Przewodnicząca Komisji Europejskiej, Ursula von der Leyen oświadczyła, że jak dotąd ukraińska armia straciła już ponad 100 tys. zabitych. Strona ukraińska uznała to za „skandaliczne”, a liczbę za nieprawdziwą. Po kilku godzinach nagranie z wypowiedzią szefowej KE zniknęło z sieci.
W środę szefowa Komisji Europejskiej, Ursula von der Leyen zamieściła na swoim koncie na Twitterze nagranie, dotyczące Ukrainy. Mówiąc o wielkich stratach, jakie Ukraina poniosła w wyniku rosyjskiej agresji, podała też szacunki, według których jak dotąd poległo już ponad 100 tys. ukraińskich żołnierzy.
„Szacuje się, że jak dotąd ponad 20 tys. cywilów i ponad 100 tys. ukraińskich żołnierzy zostało zabitych” – powiedziała szefowa KE. Nie podała źródła tych danych.
Wypowiedź von der Leyen wywołała oburzenie na Ukrainie, ponieważ według narracji strony ukraińskiej, straty w armii mają być wielokrotnie mniejsze, przy czym od miesięcy informacje te nie są podawane do wiadomości publicznej. Ukraińskie media określiły dane, jakie przytoczyła szefowa Komisji, jako „niewiarygodne” i nieprawdziwe, a samą wypowiedź szefowej KE jako „skandaliczną”.
Sprawę skomentował m.in. rzecznik Sztabu Generalnego Sił Zbrojnych Ukrainy, Bohdan Senyk. Oświadczył, że nie może potwierdzić informacji von der Leyen, ponieważ dane o stratach wojskowych nie są informacją publiczną.
„Nie możemy potwierdzić tej liczby. Podkreślamy, że straty ukraińskiej armii są informacją służbową i podlegają ograniczeniom publikacji” – oświadczył Senyk. Dodał zarazem, że jeśli to, co zapowiedziała szefowa KE, tj. utworzenie specjalnego trybunału ds. rosyjskich zbrodni na Ukrainie, pozwoli pociągnąć Rosję do odpowiedzialności, to ukraińskie dowództwo „może tylko poprzeć działania, sprzyjające ukaraniu sprawców ludobójstwa narodu ukraińskiego”.
Z kolei przedstawiciel prezydenta Ukrainy, Serhij Nikiforow powiedział, że informacje o stratach ukraińskiej armii są „wrażliwe” i stąd może je ogłaszać wyłącznie głównodowodzący Sił Zbrojnych Ukrainy, minister obrony lub sam prezydent.

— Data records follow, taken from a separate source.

//! The subcommand `explain`, with the lines that are.

use crate::running::{TURNS, open, status, with_subcommand};
use crate::texts::{
    EVENT_ABOUT, EXPLAIN_ABOUT, EXPLAIN_HELP, JUDGE_ABOUT, LINES_HELP, OPENING_ABOUT, TALK_ABOUT,
};
use album_explain::{JudgeLines, explain};
use album_explain_store::{EventLines, TalkLines, explain_script};
use album_judge::Fault;
use clap::{Arg, ArgMatches, Command};
use std::alloc::{AllocError, Global};
use std::io::{Read, Write};
use std::process::ExitCode;
use std::rt::Files;

/// The subcommand `explain`, with its arguments.
///
/// # Errors
///
/// `AllocError`, where there is no memory for it.
pub(crate) fn explain_command<'a>(alloc: Global) -> Result<Command<'a>, AllocError> {
    let command = Command::new(alloc, "explain")
        .about(EXPLAIN_ABOUT)
        .subcommand_required(true);
    let judge = lines_command(alloc, "judge", JUDGE_ABOUT, EXPLAIN_HELP);
    let command = with_subcommand(Ok(command), judge);
    let opening = lines_command(alloc, "opening", OPENING_ABOUT, LINES_HELP);
    let command = with_subcommand(command, opening);
    let event = lines_command(alloc, "event", EVENT_ABOUT, LINES_HELP);
    let command = with_subcommand(command, event);
    let talk = lines_command(alloc, "talk", TALK_ABOUT, LINES_HELP);
    with_subcommand(command, talk)
}

fn lines_command<'a>(
    alloc: Global,
    name: &'static str,
    about: &'static str,
    help: &'static str,
) -> Result<Command<'a>, AllocError> {
    let files = Arg::new(alloc, "FILE")
        .help("Files of lines, in the place of standard input")
        .num_args(0..);
    Command::new(alloc, name)
        .about(about)
        .after_help(help)
        .arg(files)
}

/// Explains the lines of each file that is named, or else those of the reader. The status is 1 where one is refused.
pub(crate) fn explain_lines<T: Files + Eprint, R: Read, W: Write>(
    rt: &T,
    alloc: Global,
    reader: &mut R,
    writer: &mut W,
    matches: &ArgMatches<'_>,
) -> ExitCode {
    match explained(rt, alloc, reader, writer, matches) {
        Ok(false) => ExitCode::SUCCESS,
        Ok(true) => ExitCode::from(1),
        Err(fault) => status(rt, Err(fault)),
    }
}

/// Whether a line was refused.
fn explained<T: Files + Eprint, R: Read, W: Write>(
    rt: &T,
    alloc: Global,
    reader: &mut R,
    writer: &mut W,
    matches: &ArgMatches<'_>,
) -> Result<bool, Fault> {
    let named = matches.subcommand_matches("explain");
    let lines = named.and_then(|m| m.subcommand_name()).unwrap_or("judge");
    let files = named
        .and_then(|m| m.subcommand_matches(lines))
        .and_then(|m| m.get_strs("FILE"));
    let mut has_refused = false;
    match files {
        None => has_refused = explain_each(alloc, lines, reader, writer)?,
        Some(paths) => {
            for path in paths {
                let refused = explain_each(alloc, lines, &mut open(rt, path)?, writer)?;
                has_refused = has_refused || refused;
            }
        }
    }
    writer.flush().map_err(|_| Fault::Writing)?;
    Ok(has_refused)
}

/// Explains lines of this name to the end of the reader, and returns whether one was refused.
fn explain_each<R: Read, W: Write>(
    alloc: Global,
    lines: &str,
    reader: &mut R,
    writer: &mut W,
) -> Result<bool, Fault> {
    match lines {
        "opening" => explain_script(alloc, reader, writer, TURNS),
        "event" => Ok(explain(alloc, reader, writer, EventLines, TURNS)?.has_refused),
        "talk" => Ok(explain(alloc, reader, writer, TalkLines::Stranger, TURNS)?.has_refused),
        _ => Ok(explain(alloc, reader, writer, JudgeLines, TURNS)?.has_refused),
    }
}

Kilka godzin po publikacji, wpis z nagraniem von der Leyen został usunięty. Zamiast niego, zamieszczono to samo nagranie, ale z wyciętym fragmentem, w którym jest mowa o bardzo wysokich stratach ukraińskiej armii. Zostało to szybko, i z satysfakcją, odnotowane przez ukraińskie media. Oryginalne nagranie wcześniej upublicznił m.in. kanał Nexta.
The European Commission has raised the assessment of #Ukraine‘s damage from the conflict from €385bn to €600bn, EC head @vonderleyen has said.

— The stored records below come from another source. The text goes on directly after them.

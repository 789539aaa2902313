//! After which failures a relay is not tried again.

ghost use Rattle.std.specs.Prelude.{◌≡◌};
ghost use Rattle.turn_relay_tries.specs.Failures.{after_failure, after_leaving, after_success, is_last, no_failures};
ghost use Rattle.turn_relay_tries.specs.Failures.{code_of, grown_if, has_final_code, has_wrong_credentials, is_over_quota};

use crate::causes::Cause;
use crate::constants::{MAX_QUOTA, MAX_REFUSED, TRY_ALTERNATE, UNSUPPORTED_TRANSPORT_PROTOCOL};
use turn_session_book::causes::Why;
use turn_stun::attribute::error_code::ErrorCode;
use turn_stun::instant::Instant;

/// The failures in a row that another try may not mend. A server cannot sign what it answers to a client without an allocation, so
/// that no single packet is the end.
#[derive(Clone, Copy, Debug, PartialEq, Eq)]
pub struct Failures {
    /// Those by wrong credentials.
    pub credentials: u8,
    /// Those by an error that stays as it is.
    pub refused: u8,
    /// Those by a quota that no allocation of this relay's own uses.
    pub quota: u8,
    /// How long the server may keep an allocation that the relay had before.
    pub alive_until: Instant,
}

impl Failures {
    /// No failures.
    pub fn new() -> Failures
        ensures { result ≡ no_failures }
    {
        Failures {
            credentials: 0,
            refused: 0,
            quota: 0,
            alive_until: Instant::ZERO,
        }
    }

    /// The relay leaves an allocation that the server may keep until then: it may be the one that is too many for a quota.
    pub fn left(&mut self, until: Instant)
        ensures { self.new ≡ after_leaving until self.old }
    {
        self.alive_until = self.alive_until.max(until);
    }

    /// The relay is up.
    pub fn succeeded(&mut self)
        ensures { self.new ≡ after_success self.old }
    {
        self.credentials = 0;
        self.refused = 0;
        self.quota = 0;
    }

    /// A try failed for this cause. Returns whether no other one is made: after wrong credentials, or an error of 300, 403, 440 or 442
    /// (RFC 8656, section 19), twice in a row, and after 486 three times in a row while no earlier allocation of this relay is alive.
    pub fn failed(&mut self, cause: Cause, now: Instant) -> bool
        ensures last { result ≡ is_last (after_failure cause now self.old) }
        ensures after { self.new ≡ after_failure cause now self.old }
    {
        self.credentials = grown_if(has_wrong_credentials(cause), self.credentials);
        self.refused = grown_if(has_final_code(cause), self.refused);
        self.quota = grown_if(is_over_quota(cause) && self.alive_until <= now, self.quota);
        self.credentials >= MAX_REFUSED || self.refused >= MAX_REFUSED || self.quota >= MAX_QUOTA
    }
}

/// One more if it is one, and otherwise none: only failures in a row count.
fn grown_if(is_one: bool, count: u8) -> u8
    ensures { result ≡ grown_if is_one count }
{
    if is_one { count.saturating_add(1) } else { 0 }
}

/// Whether the server refused user name and password.
fn has_wrong_credentials(cause: Cause) -> bool
    ensures { result ≡ has_wrong_credentials cause }
{
    matches!(
        cause,
        Cause::Life(Why::WrongCredentials(_) | Why::CredentialsRefused)
    )
}

/// Whether the server refused the allocation by an error that stays as it is.
fn has_final_code(cause: Cause) -> bool
    ensures { result ≡ has_final_code cause }
{
    match code_of(cause) {
        Some(code) => {
            code == TRY_ALTERNATE
                || code == ErrorCode::FORBIDDEN
                || code == ErrorCode::ADDRESS_FAMILY_NOT_SUPPORTED
                || code == UNSUPPORTED_TRANSPORT_PROTOCOL
        }
        None => false,
    }
}

/// Whether the server refused the allocation since its user has too many.
fn is_over_quota(cause: Cause) -> bool
    ensures { result ≡ is_over_quota cause }
{
    match code_of(cause) {
        Some(code) => code == ErrorCode::ALLOCATION_QUOTA_REACHED,
        None => false,
    }
}

/// The code by which the server refused the allocation.
fn code_of(cause: Cause) -> Option<u16>
    ensures { result ≡ code_of cause }
{
    match cause {
        Cause::Life(Why::Refused(error)) => error.code,
        _ => None,
    }
}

She also said that, according to the EC, Ukraine’s losses since the start of the war amounted to more than 100,000 soldiers. pic.twitter.com/UoI2Vj5KwE
— NEXTA (@nexta_tv) November 30, 2022
???????Comparison between the first video posted by Ursula von der Leyen and the second video that was cut pic.twitter.com/qntMDTCJ92
— AZ ???? (@AZgeopolitics) November 30, 2022
Głos zabrała wicerzecznik prasowa Komisji Europejskiej, Dana Spinant. We wpisie na Twitterze podziękowała za wskazanie „niedokładności, dotyczących liczb w poprzedniej wersji nagrania”.
„Wykorzystane oszacowanie, pochodzące ze źródeł zewnętrznych, powinno odnosić się do strat, tzn. zarówno zabitych, jak i rannych, i miało w założeniu pokazać brutalność Rosji” – dodała.

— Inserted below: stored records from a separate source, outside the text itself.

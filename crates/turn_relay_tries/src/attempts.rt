//! With which of a server's addresses a connection is attempted, and when (RFC 8305, section 5).

ghost use Rattle.std.specs.Prelude.{◌≡◌};
ghost use Rattle.turn_relay_tries.specs.Attempts.{after_failure, attempt_step, has_failed, no_attempts};

use crate::constants::STAGGER;
use std::time::Duration;
use turn_stun::instant::Instant;

/// What is to be done with a server's addresses.
#[derive(Clone, Copy, Debug, PartialEq, Eq)]
pub enum AttemptStep {
    /// An attempt with the address at this place begins now.
    Begin(usize),
    /// None begins before this time, unless the last one fails.
    WaitUntil(Instant),
    /// There is no further address.
    Idle,
}

/// The attempts with the addresses of a server, of which the first that succeeds is used.
#[derive(Clone, Copy, Debug, PartialEq, Eq)]
pub struct Attempts {
    /// How many addresses the server has.
    pub addresses: usize,
    /// How many attempts have begun.
    pub begun: usize,
    /// How many of them have failed.
    pub failed: usize,
    /// When the next one begins.
    pub due: Instant,
}

impl Attempts {
    /// No attempt has begun with so many addresses.
    pub fn new(addresses: usize) -> Attempts
        ensures { result ≡ no_attempts addresses }
    {
        Attempts {
            addresses,
            begun: 0,
            failed: 0,
            due: Instant::ZERO,
        }
    }

    /// What is due now: the next attempt begins 250 ms after the last one began, or once that has failed.
    pub fn poll(&mut self, now: Instant) -> AttemptStep
        ensures { (result, self.new) ≡ attempt_step now self.old }
    {
        if self.begun >= self.addresses {
            return AttemptStep::Idle;
        }
        if now < self.due {
            return AttemptStep::WaitUntil(self.due);
        }
        let place = self.begun;
        self.begun += 1;
        self.due = now.plus(Duration::from_nanos(STAGGER));
        AttemptStep::Begin(place)
    }

    /// The attempt with the address at this place failed. If it is the last that has begun, the next one begins at once. Returns whether
    /// all addresses have failed.
    pub fn failed(&mut self, place: usize) -> bool
        ensures all { result ≡ has_failed self.new }
        ensures after { self.new ≡ after_failure place self.old }
    {
        self.failed = self.failed.saturating_add(1);
        if self.begun <= place.saturating_add(1) {
            self.due = Instant::ZERO;
        }
        self.failed >= self.addresses
    }
}
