//! What the caller of a relay is to do for it: look up names, open sockets, and give its user name and password.

ghost use Rattle.std.specs.Prelude.{◌≡◌, [], IfOk, OnErr, OnOk};
ghost use Rattle.std.specs.List.{position};
ghost use Rattle.turn_relay_tries.specs.Tasks.{added, after_end, after_giving, deadline_of, is_given_as, is_late_at, is_new, late_task, next_task, no_tasks, sooner_of, withdrawn, work_of};

use std::alloc::{AllocError, Global};
use std::marker::Model;
use std::net::SocketAddr;
use turn_stun::instant::Instant;

/// What the caller is to do.
#[derive(Clone, Copy, Debug, PartialEq, Eq)]
pub enum Work {
    /// Give the user name and the password for the next try.
    Credentials,
    /// Look up the addresses of the server at this place of the list.
    Resolve(usize),
    /// Open a socket for this attempt, from a new local port. The number of the task is then that of the socket.
    Socket(Attempt),
    /// Close the socket that has the number of this task. This is not answered.
    Close,
}

/// An attempt with an address of a server.
#[derive(Clone, Copy, Debug, PartialEq, Eq)]
pub struct Attempt {
    /// The place of the server in the list.
    pub server: usize,
    /// The place of the address among those of the server, in the order in which they are attempted.
    pub place: usize,
    /// The address.
    pub to: SocketAddr,
}

/// A task of the caller.
#[derive(Clone, Copy, Debug, PartialEq, Eq)]
pub struct Task {
    /// The number by which it is answered.
    pub number: u64,
    /// What is to be done.
    pub work: Work,
}

/// A task that is not answered yet.
#[derive(Clone, Copy, Debug, PartialEq, Eq)]
pub struct OpenTask {
    /// The task.
    pub task: Task,
    /// When it has failed unless it is answered before.
    pub deadline: Instant,
    /// Whether the caller was told of it.
    pub is_given: bool,
}

/// The tasks that are not answered yet, in the order in which they were set. Each one is given to the caller once, and is answered
/// once, in any order. One without an answer by its deadline has failed.
#[derive(Debug, Drop)]
pub struct Tasks {
    rows: Vec<OpenTask>,
    next: u64,
}

impl Model for Tasks {
    ghost use Rattle.turn_relay_tries.specs.TasksState.{TasksState};

    ghost Value = { TasksState };

    ghost view = { λ t. record { rows = t.rows.items; next = t.next } };
}

impl Tasks {
    /// No tasks. The first one has the number 1.
    pub fn new(alloc: Global) -> Tasks
        ensures { result ≡ no_tasks }
    {
        Tasks {
            rows: Vec::new(alloc),
            next: 1,
        }
    }

    /// Sets a task, which is to be answered by this time. Returns its number: no task before it had the same one, up to 2^64 tasks.
    ///
    /// # Errors
    ///
    /// If memory allocation fails. Nothing changes then.
    pub fn add(&mut self, work: Work, deadline: Instant) -> Result<u64, AllocError>
        ensures number { IfOk result (λ number. number ≡ self.old.next) }
        ensures ok { OnOk result (self.new ≡ added work deadline self.old) }
        ensures err { OnErr result (self.new ≡ self.old) }
    {
        self.rows.reserve(1)?;
        let number = self.next;
        self.rows.push_reserved(OpenTask {
            task: Task { number, work },
            deadline,
            is_given: false,
        });
        self.next = number.wrapping_add(1);
        Ok(number)
    }

    /// The oldest task that was not given to the caller yet. It is given now.
    pub fn give(&mut self) -> Option<Task>
        ensures task { result ≡ next_task self.old }
        ensures after { self.new ≡ after_giving self.old }
    {
        match self.new_place() {
            Some(place) => {
                let row = self.rows[place];
                self.rows[place] = OpenTask {
                    is_given: true,
                    ..row
                };
                Some(row.task)
            }
            None => None,
        }
    }

    /// What the task with this number is for, if it was given and has no answer yet. `None` if it was answered before, is late, was
    /// withdrawn, or was never given: the caller's answer is then to be refused.
    pub fn work_of(&self, number: u64) -> Option<Work>
        ensures { result ≡ work_of number self.now }
    {
        match self.place_of(number) {
            Some(place) => Some(self.rows[place].task.work),
            None => None,
        }
    }

    /// The task with this number is answered.
    pub fn end(&mut self, number: u64)
        ensures { self.new ≡ after_end number self.old }
    {
        if let Some(place) = self.place_of(number) {
            let _answered = self.rows.remove(place);
        }
    }

    /// The oldest task that should have been answered by now.
    pub fn late(&self, now: Instant) -> Option<Task>
        ensures { result ≡ late_task now self.now }
    {
        match self.late_place(now) {
            Some(place) => Some(self.rows[place].task),
            None => None,
        }
    }

    /// Withdraws all tasks: whoever answers one of them is refused.
    pub fn withdraw(&mut self)
        ensures { self.new ≡ withdrawn self.old }
    {
        self.rows.clear();
    }

    /// The soonest time at which a task is late.
    pub fn due(&self) -> Option<Instant>
        ensures { result ≡ deadline_of self.now }
    {
        self.rows
            .iter()
            .fold(None, |due, row| sooner_of(due, row.deadline))
    }

    /// The place of the oldest task that was not given.
    fn new_place(&self) -> Option<usize>
        ensures { result ≡ position is_new self.now.rows }
    {
        self.rows.iter().position(|row| !row.is_given)
    }

    /// The place of the task with this number, if it was given.
    fn place_of(&self, number: u64) -> Option<usize>
        ensures { result ≡ position (is_given_as number) self.now.rows }
    {
        self.rows
            .iter()
            .position(|row| row.is_given && row.task.number == number)
    }

    /// The place of the oldest task whose deadline is reached.
    fn late_place(&self, now: Instant) -> Option<usize>
        ensures { result ≡ position (is_late_at now) self.now.rows }
    {
        self.rows.iter().position(|row| row.deadline <= now)
    }
}

/// The sooner of a time, if there is one, and another one.
pub fn sooner_of(due: Option<Instant>, time: Instant) -> Option<Instant>
    ensures { result ≡ sooner_of due time }
{
    match due {
        Some(due) => Some(due.min(time)),
        None => Some(time),
    }
}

Many thanks to those who pointed out the inaccuracy regarding the figures in a previous version of this video.
The estimation used, from external sources, should have referred to casualties, i.e. both killed and injured, and was meant to show Russia‘s brutality. https://t.co/GesDe7bK8v
— Dana Spinant (@DanaSpinant) November 30, 2022
Strona ukraińska od prawie pół roku nie podała oficjalnie informacji o stratach swojej armii w walce z Rosją. Po raz ostatni Ukraina ogłosiła swoje straty całkowite 16 kwietnia. Prezydent Wołodymyr Zełenski powiedział wówczas CNN, że podczas wojny z Rosją zginęło od 2,5 do 3 tys. ukraińskich żołnierzy, a około 10 tys. zostało rannych.
Przypomnijmy, że w lipcu br. dyrektor CIA William Burns oceniał, że do tej pory na Ukrainie poległo około 15 tys. rosyjskich żołnierzy, a około 45 tys. zostało rannych. Jego zdaniem straty po stronie ukraińskiej są prawdopodobnie „niewiele mniejsze”.
Miesiąc wcześniej doradca w Biurze Prezydenta Ukrainy, Ołeksij Arestowycz oświadczył, że ukraińska armia od początku rosyjskiej inwazji straciła 10 tys. zabitych i 30 tys. rannych. Jednocześnie twierdził, że około 96-98 procent rannych żołnierzy wraca do służby.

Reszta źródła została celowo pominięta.